While Health 2.0 has come from entrepreneurs and coders, and the Liverpool Adult Social Care events were initiated by service users and coders (although both were well received by health professionals), clinicians have also initiated hack-day events.

Dr Carl Reynolds – with David Miller, and coder Ross Jones – started NHS Hack Days last year to get doctors talking to the free software community about their needs. Events have included London, Liverpool and Oxford, and generated solutions to help with everything from collating faults in the UK health service ( to finding out what NHS labs are currently storing and where.

Sometimes only the simplest of apps are needed to get round painful practices that NHS inertia has been trapping doctors in for years, or even decades. Haematologist Wai Keong was having to count instances of 11 different types of blood cells in samples using what is essentially an abacus – but one with only eight levers! From the NHS Hack Days came CellCountr, a JavaScript webpage to turn the computer keyboard into an abacus with enough levers.

Go to the hack days website for upcoming NHS Hack Days, including Cambridge in September, and get involved.


Not untypically, the term ‘open source’ is sometimes used ambiguously for open APIs and open data in health care, while describing software that is not free and open – a problem acknowledged by Health 2.0 Manchester with a forthcoming meeting on the topic. Nevertheless, much of the innovative work going on is with explicitly free and open source software events – and NHS Hack Days, for example, “support openness and invite you to share code with us on GitHub.”

Out of these teams have come FOSS apps like, a platform that enables “individuals and organisations to run trials of varying sizes” – and backed by Ben Goldacre’s as it “helps to spread the idea of randomised trials, advocate for their wider use, and normalise them in the public imagination.”

Not all medical software has a political aim, of course. oPortfolio – “a better NHS portfolio” – is simply aimed at helping anyone progressing through a medical career and finding themselves hampered by the dreadful ePortfolio software currently available to them.

Indeed the NHS’s ePortfolio is so notoriously bad that Dr Laura-Jane Smith started the “ePortfolio Data Liberation Front”, and at 2012’s Liverpool NHS Hack Day spoke movingly on the need to “liberate data” from it, inspiring an app worked on with Python hacker Nicholas Tollervey, and Dr Marcus Baw, that won a ScraperWiki prize.

Healthier, happier

There’s much energy and ingenuity going into solving health problems, particularly in the North West, but can hackers save health care? Not on their own – the NHS has huge problems in particular with management and training – but the kind of agile, low-cost solutions that can make practical differences to people’s lives is coming out of hack days and free software.

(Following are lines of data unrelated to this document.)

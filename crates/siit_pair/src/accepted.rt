//! Whether a device translates an ICMP error (RFC 7915 sections 4.2, 4.3, 5.2 and 5.3), as far as its message tells.
ghost use Rattle.siit_arrival4.specs.Arrived.{AreMapped6, HasError4};
ghost use Rattle.siit_arrival6.specs.Arrived.{AreMapped4, HasError6};
ghost use Rattle.siit_icmp.specs.Icmp.{pointer_to_4, pointer_to_6};
ghost use Rattle.siit_icmp.specs.declared.kinds.Rest.TheVariants.{Pointer};
ghost use Rattle.siit_map.specs.Mapping.{ipv4_for, ipv6_for};
ghost use Rattle.siit_model.specs.Bytes.{field8, field32};
ghost use Rattle.siit_pair.specs.Same.{error_backward, error_forward, has_pointer4, has_pointer6};
ghost use Rattle.std.specs.Prelude.{◌≡◌, ◌≤◌, ◌<◌, ◌&&◌, length, false, is_ok, None, IfSome, IfNone};

use siit_addr::{Addresses4, Addresses6};
use siit_arrival4::Error4;
use siit_arrival6::Error6;
use siit_eamt::Steps;
use siit_icmp::{Rest, pointer46, pointer64, type46, type64};
use siit_quoted::{quote_addresses4, quote_addresses6, quote_part};
use siit_roles::Settings;
use siit_rules::Family;
use siit_word::get32;
use std::marker::Brand;
use std::sync::ledger::{Blank, Ledger};

/// What a device makes of an ICMPv4 error: its new type, and the new addresses of its quote. None where the device has
/// no translation of it.
pub(crate) fn accepted_error4(settings: &Settings, message: &[u8]) -> Option<Error4>
    requires header { 8 ≤ length message.now }
    ensures error { IfSome result (λ error. HasError4 settings.now message.now error) }
    ensures none { IfNone result (error_forward settings.now message.now ≡ None) }
{
    let Ok(new) = type46(message[0], message[1]) else {
        return None;
    };
    if !has_pointer6(new.rest, message) {
        return None;
    }
    let Ok(old) = quote_addresses4(quote_part(message, Family::Four)) else {
        return None;
    };
    let Some(quote) = mapped6(settings, old) else {
        return None;
    };
    Some(Error4 { new, quote })
}

/// Whether IPv6 has the field that the pointer of a Parameter Problem stands at.
fn has_pointer6(rest: Rest, message: &[u8]) -> bool
    requires { 8 ≤ length message.now }
    ensures { result ≡ has_pointer6 rest message.now }
{
    match rest {
        Rest::Pointer => pointer46(message[4]).is_some(),
        _ => true,
    }
}

/// The IPv6 addresses that a device gives these, and none where it has none for one of them.
fn mapped6(settings: &Settings, old: Addresses4) -> Option<Addresses6>
    ensures mapped { IfSome result (λ new. AreMapped6 settings.now old.src.0 old.dst.0 new) }
    ensures none { IfNone result ((is_ok (ipv6_for settings.now.mapping old.src.0) && is_ok (ipv6_for settings.now.mapping old.dst.0)) ≡ false) }
{
    mapped6_by::<Brand>(settings, old, Blank::new(1))
}

/// The same, with its steps counted by this ledger.
fn mapped6_by<L: Ledger>(settings: &Settings, old: Addresses4, blank: Blank) -> Option<Addresses6>
    requires name { blank.name ≡ L.name }
    requires parts { blank.parts ≡ L.parts }
    requires some { 0 < blank.parts }
    ensures mapped { IfSome result (λ new. AreMapped6 settings.now old.src.0 old.dst.0 new) }
    ensures none { IfNone result ((is_ok (ipv6_for settings.now.mapping old.src.0) && is_ok (ipv6_for settings.now.mapping old.dst.0)) ≡ false) }
{
    let mut steps = Steps::<L>::new(blank);
    let Ok((src, _)) = settings.mapping.to6(old.src, &mut steps) else {
        return None;
    };
    let Ok((dst, _)) = settings.mapping.to6(old.dst, &mut steps) else {
        return None;
    };
    Some(Addresses6 { src, dst })
}

/// What a device makes of an ICMPv6 error: its new type, and the new addresses of its quote. None where the device has
/// no translation of it.
pub(crate) fn accepted_error6(settings: &Settings, message: &[u8]) -> Option<Error6>
    requires header { 8 ≤ length message.now }
    ensures error { IfSome result (λ error. HasError6 settings.now message.now error) }
    ensures none { IfNone result (error_backward settings.now message.now ≡ None) }
{
    let Ok(new) = type64(message[0], message[1]) else {
        return None;
    };
    if !has_pointer4(new.rest, message) {
        return None;
    }
    let Ok(old) = quote_addresses6(quote_part(message, Family::Six)) else {
        return None;
    };
    let Some(quote) = mapped4(settings, old) else {
        return None;
    };
    Some(Error6 { new, quote })
}

/// Whether IPv4 has the field that the pointer of a Parameter Problem stands at.
fn has_pointer4(rest: Rest, message: &[u8]) -> bool
    requires { 8 ≤ length message.now }
    ensures { result ≡ has_pointer4 rest message.now }
{
    match rest {
        Rest::Pointer => pointer64(get32(message, 4)).is_some(),
        _ => true,
    }
}

/// The IPv4 addresses that a device gives these, and none where it has none for one of them.
fn mapped4(settings: &Settings, old: Addresses6) -> Option<Addresses4>
    ensures mapped { IfSome result (λ new. AreMapped4 settings.now old.src.0 old.dst.0 new) }
    ensures none { IfNone result ((is_ok (ipv4_for settings.now.mapping old.src.0) && is_ok (ipv4_for settings.now.mapping old.dst.0)) ≡ false) }
{
    mapped4_by::<Brand>(settings, old, Blank::new(1))
}

/// The same, with its steps counted by this ledger.
fn mapped4_by<L: Ledger>(settings: &Settings, old: Addresses6, blank: Blank) -> Option<Addresses4>
    requires name { blank.name ≡ L.name }
    requires parts { blank.parts ≡ L.parts }
    requires some { 0 < blank.parts }
    ensures mapped { IfSome result (λ new. AreMapped4 settings.now old.src.0 old.dst.0 new) }
    ensures none { IfNone result ((is_ok (ipv4_for settings.now.mapping old.src.0) && is_ok (ipv4_for settings.now.mapping old.dst.0)) ≡ false) }
{
    let mut steps = Steps::<L>::new(blank);
    let Ok((src, _)) = settings.mapping.to4(old.src, &mut steps) else {
        return None;
    };
    let Ok((dst, _)) = settings.mapping.to4(old.dst, &mut steps) else {
        return None;
    };
    Some(Addresses4 { src, dst })
}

Another product is the regional boost to industry, as small tech companies thrive in this new collaborative health ecosystem. This is particularly the case in the North West, where Connected Liverpool’s vision of public health as
a driver for smart cities through preventative measures – “cities empowered by maker communities to be healthier and happier”, in the words of Max Zadow – is a thread running through much of the assisted living development work.

It’s not just the North West – Health Hacks at both ends of Ireland, and medical technology startup companies across Britain, are showing practitioners the way. In 2010, when the comprehensive spending review was launched, a Treasury spokesperson said: “Anyone who thinks the review is just about saving money is missing the point. This is a once-in-a- generation opportunity to transform the way that government works.”

However, ring-fenced budgets have protected the NHS from this, despite pressure coming from population factors and cuts to social care. Given this, pressure for change must come from below, too – and collaboratively produced work of doctors and carers, with FOSS developers, responding quickly to real needs, is convincing many health and social care managers that useful changes are not just desirable, but actually possible.